> Stored data:

=-=-=-=-=

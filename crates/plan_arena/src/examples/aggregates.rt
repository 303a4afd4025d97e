//! Worked examples on aggregates of nodes.

ghost use Rattle.std.specs.Prelude.{◌≡◌, ◌≢◌, [], ◌∷◌, true, false};
ghost use Rattle.plan_dsl.specs.declared.aggregate.GroupByMethod.TheVariants as method;
ghost use Rattle.plan_dsl.specs.Samples.{Gives, GivesOfTwo};
ghost use Rattle.plan_arena.specs.declared.aggregate.IRAggExpr.TheVariants.{Min, Max, NUnique, First, Last, Implode, Count, Sum, AggGroups};
ghost use Rattle.plan_arena.specs.Aggregates.{aggregate_writes, input_at, method_at, same_aggregate};
ghost use Rattle.plan_arena.specs.Samples.{node_at};

/// What an aggregate makes of its input, and the input. It is hashed by the first alone, and compared by both.
pub fn aggregates_of_nodes()
    ensures methods { let n = node_at 3 in Gives method_at (
        (Min n false, method.Min) ∷ (Min n true, method.NanMin) ∷ (Max n false, method.Max) ∷ (Max n true, method.NanMax) ∷ (NUnique n, method.NUnique) ∷ (First n, method.First) ∷
        (Last n, method.Last) ∷ (Implode n, method.Implode) ∷ (Count n true, method.Count true) ∷ (Count n false, method.Count false) ∷ (Sum n, method.Sum) ∷ (AggGroups n, method.Groups) ∷ []) }
    ensures inputs { let n = node_at 3 in Gives input_at ((Min n false, n) ∷ (Count n true, n) ∷ (AggGroups n, n) ∷ []) }
    ensures same { let n = node_at 3 in let m = node_at 4 in GivesOfTwo same_aggregate (
        (Sum n, Sum n, true) ∷ (Sum n, Sum m, false) ∷ (Sum n, First n, false) ∷ (Min n true, Min n false, false) ∷ (Count n true, Count n false, false) ∷ []) }
    ensures hashed { aggregate_writes (Sum (node_at 3)) ≡ aggregate_writes (Sum (node_at 4)) }
    ensures by_flag { aggregate_writes (Count (node_at 3) true) ≢ aggregate_writes (Count (node_at 3) false) }
{}
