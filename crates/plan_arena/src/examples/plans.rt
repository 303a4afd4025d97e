//! Worked examples on lowered plans: which are accepted and strict, what they give, and which run soundly.

ghost use Rattle.std.specs.Prelude.{◌≡◌, List, [], ◌∷◌, pos, codes, true, false, Option, Some, None};
ghost use Rattle.std.specs.List.{AllByRecursion};
ghost use Rattle.plan_types.specs.Schemas.{Columns};
ghost use Rattle.plan_types.specs.Types.{Truth, ListType};
ghost use Rattle.plan_types.specs.Outcomes.{Done, Fault, Stuck};
ghost use Rattle.plan_types.specs.Frames.{empty_frame};
ghost use Rattle.plan_types.specs.declared.dtype.CastOptions.TheVariants.{Strict};
ghost use Rattle.plan_dsl.specs.Trees.{node, no_more, more};
ghost use Rattle.plan_dsl.specs.Ops.{Expression};
ghost use Rattle.plan_dsl.specs.Names.{Label, alias_label, column_label, literal_label};
ghost use Rattle.plan_dsl.specs.Plans.{drop_op, empty_table, select_op, filter_op, simple_projection_op};
ghost use Rattle.plan_dsl.specs.PlanMeaning.{source_meaning};
ghost use Rattle.plan_dsl.specs.Samples.{Gives, GivesOfTwo, int8, int16, int32, int64, number, null, yes, a, alias, b, cast_as, column, empty_scan, frame_with, group_by, keep, less, list, literal, scan, scan_of, schema_ab, schema_flagged, select, stack, sum, table, typed_literal, project};
ghost use Rattle.plan_arena.specs.Runs.{own_schema, HasRecorded, IsAccepted, IsStrictPlan, IsNamedPlan, NamesOperands, plan_run, RunsSoundly};
ghost use Rattle.plan_arena.specs.Samples.{filled_under, lowered_groups, lowered_hstack, lowered_number, lowered_select, lowered_sum, narrowed, schema_of_one, strict_sum, sums, three_flagged, three_numbers, lowered_projection};

/// A lowered plan runs by its written casts alone, and gives what the query means.
pub fn plans_run_as_written()
    ensures runs { Gives (plan_run [] (table ∷ [])) ((lowered_sum (schema_of_one "a" int32), Done sums) ∷ (select (sum a b ∷ []) (scan schema_ab), Stuck)
        ∷ (narrowed, Fault) ∷ (lowered_select [] [] empty_table, Done empty_frame) ∷ []) }
    ensures meaning { source_meaning [] (table ∷ []) (select (sum a b ∷ []) (scan schema_ab)) ≡ Done sums }
    ensures the_same_as_meant { plan_run [] (table ∷ []) (lowered_sum (schema_of_one "a" int32)) ≡ source_meaning [] (table ∷ []) (select (sum a b ∷ []) (scan schema_ab)) }
    ensures no_such_table { plan_run [] [] (lowered_sum (schema_of_one "a" int32)) ≡ Stuck }
    ensures number { Gives (plan_run [] [])
        ((lowered_number int32 (typed_literal int32 (pos 5)), Done (frame_with (schema_of_one "literal" int32) ((number 5 ∷ []) ∷ [])))
        ∷ (lowered_number int32 (literal (pos 5)), Stuck) ∷ []) }
    ensures number_as_meant { plan_run [] [] (lowered_number int32 (typed_literal int32 (pos 5)))
        ≡ source_meaning [] [] (select (literal (pos 5) ∷ []) (empty_scan (schema_of_one "a" int8))) }
{}

/// A lowered filter gives the rows that the query's filter means.
pub fn filters_run_as_written()
    ensures runs { Gives (plan_run [] (three_flagged ∷ [])) ((keep (column "keep") (scan schema_flagged), Done (frame_with schema_flagged ((number 1 ∷ yes ∷ []) ∷ [])))
        ∷ (keep (cast_as Strict Truth (sum a (column "keep"))) (scan schema_flagged), Stuck) ∷ []) }
    ensures the_same_as_meant { plan_run [] (three_flagged ∷ []) (keep (column "keep") (scan schema_flagged))
        ≡ source_meaning [] (three_flagged ∷ []) (keep (column "keep") (scan schema_flagged)) }
    ensures comparisons { Gives (λ five. plan_run [] (three_numbers ∷ []) (keep (less a five) (scan (schema_of_one "a" int8))))
        ((typed_literal int8 (pos 5), Done (frame_with (schema_of_one "a" int8) ((number 1 ∷ []) ∷ []))) ∷ (literal (pos 5), Stuck) ∷ []) }
{}

/// A lowered hstack gives what the query's means, and records the columns of its input with its own.
pub fn hstacks_run_as_written()
    ensures runs { let sums_in_place = (codes "a", int32) ∷ (codes "b", int32) ∷ [] in
        Gives (plan_run [] (table ∷ [])) (
        (lowered_hstack sums_in_place (strict_sum ∷ []) (scan schema_ab), Done (frame_with sums_in_place ((number 11 ∷ number 10 ∷ []) ∷ (null ∷ number 20 ∷ []) ∷ (number 300 ∷ number 200 ∷ []) ∷ []))) ∷
        (stack (sum a b ∷ []) (scan schema_ab), Stuck) ∷ []) }
    ensures accepted { IsAccepted [] (lowered_hstack ((codes "a", int32) ∷ (codes "b", int32) ∷ []) (strict_sum ∷ []) (scan schema_ab)) }
    ensures other_schema { ¬ (IsAccepted [] (lowered_hstack (schema_of_one "a" int32) (strict_sum ∷ []) (scan schema_ab))) }
    ensures strict { IsStrictPlan [] (stack (strict_sum ∷ []) (scan schema_ab)) × ¬ (IsStrictPlan [] (stack (sum a b ∷ []) (scan schema_ab))) }
    ensures sound { RunsSoundly [] (table ∷ []) (lowered_hstack ((codes "a", int32) ∷ (codes "b", int32) ∷ []) (strict_sum ∷ []) (scan schema_ab)) }
    ensures stuck { ¬ (RunsSoundly [] (table ∷ []) (stack (sum a b ∷ []) (scan schema_ab))) }
{}

/// A lowered group-by gives what the query's means, and records the columns of its keys and of its aggregates.
pub fn groups_run_as_written()
    ensures runs { let sums_in_groups = (codes "b", int32) ∷ (codes "a", ListType int32) ∷ [] in
        Gives (plan_run [] (table ∷ [])) (
        (lowered_groups sums_in_groups (b ∷ []) (strict_sum ∷ []) (scan schema_ab), Done (frame_with sums_in_groups ((number 10 ∷ list (number 11 ∷ []) ∷ []) ∷ (number 20 ∷ list (null ∷ []) ∷ []) ∷ (number 200 ∷ list (number 300 ∷ []) ∷ []) ∷ []))) ∷
        (group_by (b ∷ []) (sum a b ∷ []) (scan schema_ab), Stuck) ∷ (group_by (sum a b ∷ []) [] (scan schema_ab), Stuck) ∷ []) }
    ensures accepted { IsAccepted [] (lowered_groups ((codes "b", int32) ∷ (codes "a", ListType int32) ∷ []) (b ∷ []) (strict_sum ∷ []) (scan schema_ab)) }
    ensures other_schema { ¬ (IsAccepted [] (lowered_groups ((codes "b", int32) ∷ (codes "a", int32) ∷ []) (b ∷ []) (strict_sum ∷ []) (scan schema_ab))) }
    ensures strict { IsStrictPlan [] (group_by (b ∷ []) (strict_sum ∷ []) (scan schema_ab)) × ¬ (IsStrictPlan [] (group_by (b ∷ []) (sum a b ∷ []) (scan schema_ab))) }
    ensures sound { RunsSoundly [] (table ∷ []) (lowered_groups ((codes "b", int32) ∷ (codes "a", ListType int32) ∷ []) (b ∷ []) (strict_sum ∷ []) (scan schema_ab)) }
    ensures stuck { ¬ (RunsSoundly [] (table ∷ []) (group_by (b ∷ []) (sum a b ∷ []) (scan schema_ab))) }
{}

/// A lowered simple projection gives its input's rows in its columns, which stand there, and nothing where it has none.
pub fn simple_projections_run_as_written()
    ensures runs { Gives (plan_run [] (table ∷ []))
        ((lowered_projection (schema_of_one "b" int32) (scan schema_ab), Done (frame_with (schema_of_one "b" int32) ((number 10 ∷ []) ∷ (number 20 ∷ []) ∷ (number 200 ∷ []) ∷ [])))
        ∷ (lowered_projection (schema_of_one "b" int8) narrowed, Fault) ∷ (lowered_projection [] narrowed, Done empty_frame) ∷ []) }
    ensures accepted { AllByRecursion (IsAccepted []) (lowered_projection (schema_of_one "b" int32) (scan schema_ab) ∷ lowered_projection [] narrowed ∷ project schema_ab (scan schema_ab) ∷ []) }
    ensures others { AllByRecursion (λ plan. ¬ (IsAccepted [] plan)) (lowered_projection (schema_of_one "b" int8) (scan schema_ab)
        ∷ node (simple_projection_op (schema_of_one "b" int32) (Some schema_ab)) (more (scan schema_ab) no_more) ∷ node (drop_op [] false) (more (scan schema_ab) no_more) ∷ []) }
    ensures strict { IsStrictPlan [] (lowered_projection (schema_of_one "b" int32) (scan schema_ab)) }
    ensures sound { AllByRecursion (RunsSoundly [] (table ∷ [])) (lowered_projection (schema_of_one "b" int32) (scan schema_ab) ∷ lowered_projection [] narrowed ∷ []) }
{}

/// A plan is accepted where each node has a schema by the rules, and a schema that is recorded is that one: a filter has that of its input.
pub fn plans_that_are_accepted()
    ensures recorded { AllByRecursion {X = Option Columns × Option Columns} (λ c. HasRecorded c.0 c.1) ((None, Some []) ∷ (Some schema_ab, Some schema_ab) ∷ []) }
    ensures own { GivesOfTwo own_schema ((None, Some [], Some []) ∷ (None, None, None) ∷ (Some schema_ab, None, Some schema_ab) ∷ (Some schema_ab, Some [], Some schema_ab) ∷ []) }
    ensures not_recorded { AllByRecursion {X = Option Columns × Option Columns} (λ c. ¬ (HasRecorded c.0 c.1)) ((None, None) ∷ (Some [], None) ∷ (Some schema_ab, Some schema_flagged) ∷ []) }
    ensures accepted { AllByRecursion (IsAccepted []) (lowered_sum (schema_of_one "a" int32) ∷ keep (column "keep") (scan schema_flagged)
        ∷ lowered_select (schema_of_one "a" int8) (a ∷ []) (keep (column "keep") (scan schema_flagged)) ∷ lowered_number int32 (typed_literal int32 (pos 5))
        ∷ lowered_number int32 (literal (pos 5)) ∷ select (sum a b ∷ []) (scan schema_ab) ∷ []) }
    ensures others { AllByRecursion (λ plan. ¬ (IsAccepted [] plan)) (lowered_select (schema_of_one "b" int32) (sum a b ∷ []) (scan schema_ab)
        ∷ lowered_sum (schema_of_one "a" int64) ∷ keep a (scan schema_flagged) ∷ lowered_number int8 (typed_literal int32 (pos 5)) ∷ []) }
{}

/// A plan is strict where each expression is, and has no aliases.
pub fn plans_that_are_strict()
    ensures sum { IsStrictPlan [] (lowered_sum (schema_of_one "a" int32)) }
    ensures filter { IsStrictPlan [] (keep (column "keep") (scan schema_flagged)) }
    ensures number { IsStrictPlan [] (lowered_number int32 (typed_literal int32 (pos 5))) }
    ensures sum_of_two_types { ¬ (IsStrictPlan [] (select (sum a b ∷ []) (scan schema_ab))) }
    ensures filter_of_two_types { ¬ (IsStrictPlan [] (keep (sum a (column "keep")) (scan schema_flagged))) }
    ensures untyped { ¬ (IsStrictPlan [] (lowered_number int32 (literal (pos 5)))) }
    ensures with_an_alias { ¬ (IsStrictPlan [] (node (filter_op (record { label = column_label (codes "keep"); expression = alias "x" (column "keep") })) (more (scan schema_flagged) no_more))) }
{}

/// A plan is named where each expression has the name that the rules give it, from what they say, or an alias.
pub fn named_plans()
    ensures named { AllByRecursion IsNamedPlan (lowered_sum (schema_of_one "a" int32) ∷ keep (column "keep") (scan schema_flagged) ∷ lowered_number int32 (typed_literal int32 (pos 5)) ∷ []) }
    ensures others { AllByRecursion {X = Label × Expression} (λ c. ¬ (IsNamedPlan (node (select_op (record { label = c.0; expression = c.1 } ∷ []) None) (more (scan schema_ab) no_more))))
        ((literal_label (codes "a"), a) ∷ (column_label (codes "b"), a) ∷ (column_label (codes "literal"), typed_literal int32 (pos 5)) ∷ []) }
    ensures aliases { AllByRecursion IsNamedPlan (select (alias "x" (sum a b) ∷ b ∷ []) (scan schema_ab) ∷
        node (filter_op (record { label = alias_label (codes "a"); expression = column "keep" })) (more (scan schema_flagged) no_more) ∷ []) }
    ensures filter_by_another_name { ¬ (IsNamedPlan (node (filter_op (record { label = column_label (codes "a"); expression = column "keep" })) (more (scan schema_flagged) no_more))) }
{}

/// A function has as many recorded names as operands, each of them the operand's own, from what the rules say, or an alias: so has each in a plan that is named.
pub fn functions_that_name_their_operands()
    ensures named { AllByRecursion {X = List Label} (λ labels. NamesOperands (filled_under labels) × NamesOperands (sum b (filled_under labels)) × IsNamedPlan (select (filled_under labels ∷ []) (scan schema_ab)))
        ((column_label (codes "a") ∷ column_label (codes "b") ∷ []) ∷ (column_label (codes "a") ∷ alias_label (codes "zzz") ∷ []) ∷ (alias_label (codes "x") ∷ column_label (codes "b") ∷ []) ∷ []) }
    ensures others { AllByRecursion {X = List Label} (λ labels. ¬ (NamesOperands (filled_under labels)) × ¬ (NamesOperands (sum b (filled_under labels))) × ¬ (IsNamedPlan (select (filled_under labels ∷ []) (scan schema_ab))))
        ((column_label (codes "a") ∷ column_label (codes "zzz") ∷ []) ∷ (column_label (codes "a") ∷ literal_label (codes "b") ∷ []) ∷ (column_label (codes "b") ∷ column_label (codes "a") ∷ [])
        ∷ (column_label (codes "a") ∷ []) ∷ (column_label (codes "a") ∷ column_label (codes "b") ∷ column_label (codes "b") ∷ []) ∷ []) }
    ensures none_recorded { ¬ (NamesOperands (filled_under [])) × IsNamedPlan (select (filled_under [] ∷ []) (scan schema_ab)) }
    ensures no_function { NamesOperands (sum a b) }
{}

/// A plan runs soundly where no node is stuck, and each node's frame has exactly the node's own schema.
pub fn plans_that_run_soundly()
    ensures sums { AllByRecursion (RunsSoundly [] (table ∷ [])) (lowered_sum (schema_of_one "a" int32) ∷ narrowed ∷ []) }
    ensures filters { AllByRecursion (RunsSoundly [] (three_flagged ∷ [])) (keep (column "keep") (scan schema_flagged)
        ∷ lowered_select (schema_of_one "a" int8) (a ∷ []) (keep (column "keep") (scan schema_flagged)) ∷ []) }
    ensures number { RunsSoundly [] [] (lowered_number int32 (typed_literal int32 (pos 5))) }
    ensures stuck { ¬ (RunsSoundly [] (table ∷ []) (select (sum a b ∷ []) (scan schema_ab))) }
    ensures stuck_below { ¬ (RunsSoundly [] (table ∷ []) (lowered_select [] [] (scan_of 1 []))) }
    ensures other_schema { ¬ (RunsSoundly [] (table ∷ []) (lowered_select (schema_of_one "a" int16) (a ∷ []) (scan schema_ab))) }
    ensures untyped { ¬ (RunsSoundly [] [] (lowered_number int32 (literal (pos 5)))) }
{}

=-=-=-=-=

> About this task:
What lines in the material include the string "less"? Pull each one out.

> Answer to this task:
ghost use Rattle.plan_dsl.specs.Samples.{Gives, GivesOfTwo, int8, int16, int32, int64, number, null, yes, a, alias, b, cast_as, column, empty_scan, frame_with, group_by, keep, less, list, literal, scan, scan_of, schema_ab, schema_flagged, select, stack, sum, table, typed_literal, project};
    ensures comparisons { Gives (λ five. plan_run [] (three_numbers ∷ []) (keep (less a five) (scan (schema_of_one "a" int8))))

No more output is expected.